= INPUT =
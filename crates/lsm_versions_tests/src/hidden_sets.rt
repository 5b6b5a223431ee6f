// Hidden tables.
use crate::samples::{hidden, ids};
use std::test::Fail;

#[test]
fn a_job_hides_its_tables_until_it_ends(rt: HostRuntime) -> Result<(), Fail> {
    let mut set = hidden(rt.alloc(), &[1, 2])?;
    set.hide(&ids(rt.alloc(), &[2, 3])?)?;
    assert!(rt; set.is_hidden(3) && !set.is_hidden(4));
    assert!(rt; set.is_blocked(&ids(rt.alloc(), &[4, 3])?));
    assert!(rt; !set.should_decline_compaction(&ids(rt.alloc(), &[4])?));
    let copy = set.copy()?;
    set.show(&ids(rt.alloc(), &[1, 2, 3])?);
    assert!(rt; set.is_empty() && !copy.is_empty());
    Ok(())
}
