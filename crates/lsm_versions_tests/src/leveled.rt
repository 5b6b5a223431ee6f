// The targets of levels, and what becomes of them.
use crate::asking::{Row, Wanted, chooses};
use lsm_below::TableId;
use lsm_pick::{Leveled, Levelled};
use std::alloc::Global;
use std::process::Abort;
use std::test::Fail;

fn targets_are(leveled: &Leveled, targets: [u64; 5]) -> bool {
    (0..5).all(|steps| leveled.target_after(steps) == targets[steps])
}

#[test]
fn targets_grow_by_fractions(rt: HostRuntime) -> Result<(), Fail> {
    let alloc = rt.alloc();
    let grown = Leveled::new(alloc)?
        .with_table_target_size(5)
        .with_l0_threshold(1)
        .with_level_ratio_policy(vec![in alloc; (3, 2)]?);
    assert!(rt; targets_are(&grown, [5, 7, 10, 15, 22]));
    let tenfold = Leveled::new(alloc)?
        .with_table_target_size(1)
        .with_l0_threshold(2)
        .with_level_ratio_policy(Vec::new(alloc));
    assert!(rt; targets_are(&tenfold, [2, 20, 200, 2000, 20000]));
    let capped = Leveled::new(alloc)?.with_table_target_size(1 << 63);
    assert!(rt; targets_are(&capped.copy(alloc)?, [u64::MAX; 5]));
    assert!(rt; Leveled::new(alloc)?.target_after(1) == 2_684_354_560);
    Ok(())
}

/// Tables, the hidden ones, and what is to be answered.
type Case = (&'static [Row], &'static [TableId], Wanted);

const CASES: [Case; 9] = [
    // a single run goes to the last level, where nothing overlaps it
    (&[(0, 0, "a", 0)], &[], Wanted::Move(&[0], 6, 1)),
    (
        &[(0, 0, "a", 0), (6, 1, "b", 0)],
        &[],
        Wanted::Move(&[0], 6, 1),
    ),
    // one table doesn't reach the threshold
    (&[(0, 1, "a", 0), (6, 0, "a", 0)], &[], Wanted::Nothing),
    // two do, and the last level is above its target: so they go above it
    (
        &[(0, 2, "a", 0), (0, 1, "a", 0), (6, 0, "a", 0)],
        &[],
        Wanted::Merge(&[1, 2], 5, 1),
    ),
    (
        &[(0, 2, "a", 0), (0, 1, "a", 0), (6, 0, "a", 0)],
        &[2],
        Wanted::Nothing,
    ),
    // level 5 is merged with what it overlaps
    (
        &[(5, 3, "a", 0), (6, 0, "a", 0)],
        &[],
        Wanted::Merge(&[0, 3], 6, 3),
    ),
    (&[(5, 3, "a", 0), (6, 0, "a", 0)], &[0], Wanted::Nothing),
    // before an empty level the score is the greatest
    (
        &[
            (1, 0, "a", 0),
            (1, 1, "b", 0),
            (1, 2, "c", 0),
            (2, 3, "b", 0),
        ],
        &[],
        Wanted::Move(&[3], 3, 3),
    ),
    // the longest part that overlaps nothing goes down
    (
        &[
            (1, 0, "a", 0),
            (1, 1, "b", 0),
            (1, 2, "c", 0),
            (1, 3, "d", 0),
            (2, 4, "b", 0),
            (3, 5, "b", 0),
        ],
        &[],
        Wanted::Move(&[2, 3], 2, 2),
    ),
];

/// Four tables of one key, each a run.
const FOUR: [Row; 4] = [
    (0, 4, "a", 0),
    (0, 3, "a", 0),
    (0, 2, "a", 0),
    (0, 1, "a", 0),
];

/// Whether each case is answered so, with this target.
fn all_answer(
    rt: &impl Abort,
    alloc: Global,
    leveled: &Levelled,
    target: u64,
    cases: &[Case],
) -> Result<bool, Fail> {
    for (rows, hidden, wanted) in cases {
        if !chooses(rt, alloc, leveled, target, *rows, *hidden, *wanted)? {
            return Ok(false);
        }
    }
    Ok(true)
}

/// With a target of one byte, so that each table is too much, and a threshold of two tables; and four runs are merged by
/// default.
#[test]
fn levels_go_down(rt: HostRuntime) -> Result<(), Fail> {
    let usual = Leveled::new(rt.alloc())?;
    let four: &[Case] = &[(&FOUR, &[], Wanted::Merge(&[1, 2, 3, 4], 6, 1))];
    assert!(rt; all_answer(&rt, rt.alloc(), &usual, 67_108_864, four)?);
    assert!(rt; chooses(&rt, rt.alloc(), &usual, 0, &FOUR[..3], &[], Wanted::Nothing)?);
    let small = usual.with_table_target_size(1).with_l0_threshold(2);
    assert!(rt; all_answer(&rt, rt.alloc(), &small, 1, &CASES)?);
    Ok(())
}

= TASK DESCRIPTION =
Go through the entries above and copy each line holding the string "last".

= RESULT OF THE EXERCISE =
    // a single run goes to the last level, where nothing overlaps it
    // two do, and the last level is above its target: so they go above it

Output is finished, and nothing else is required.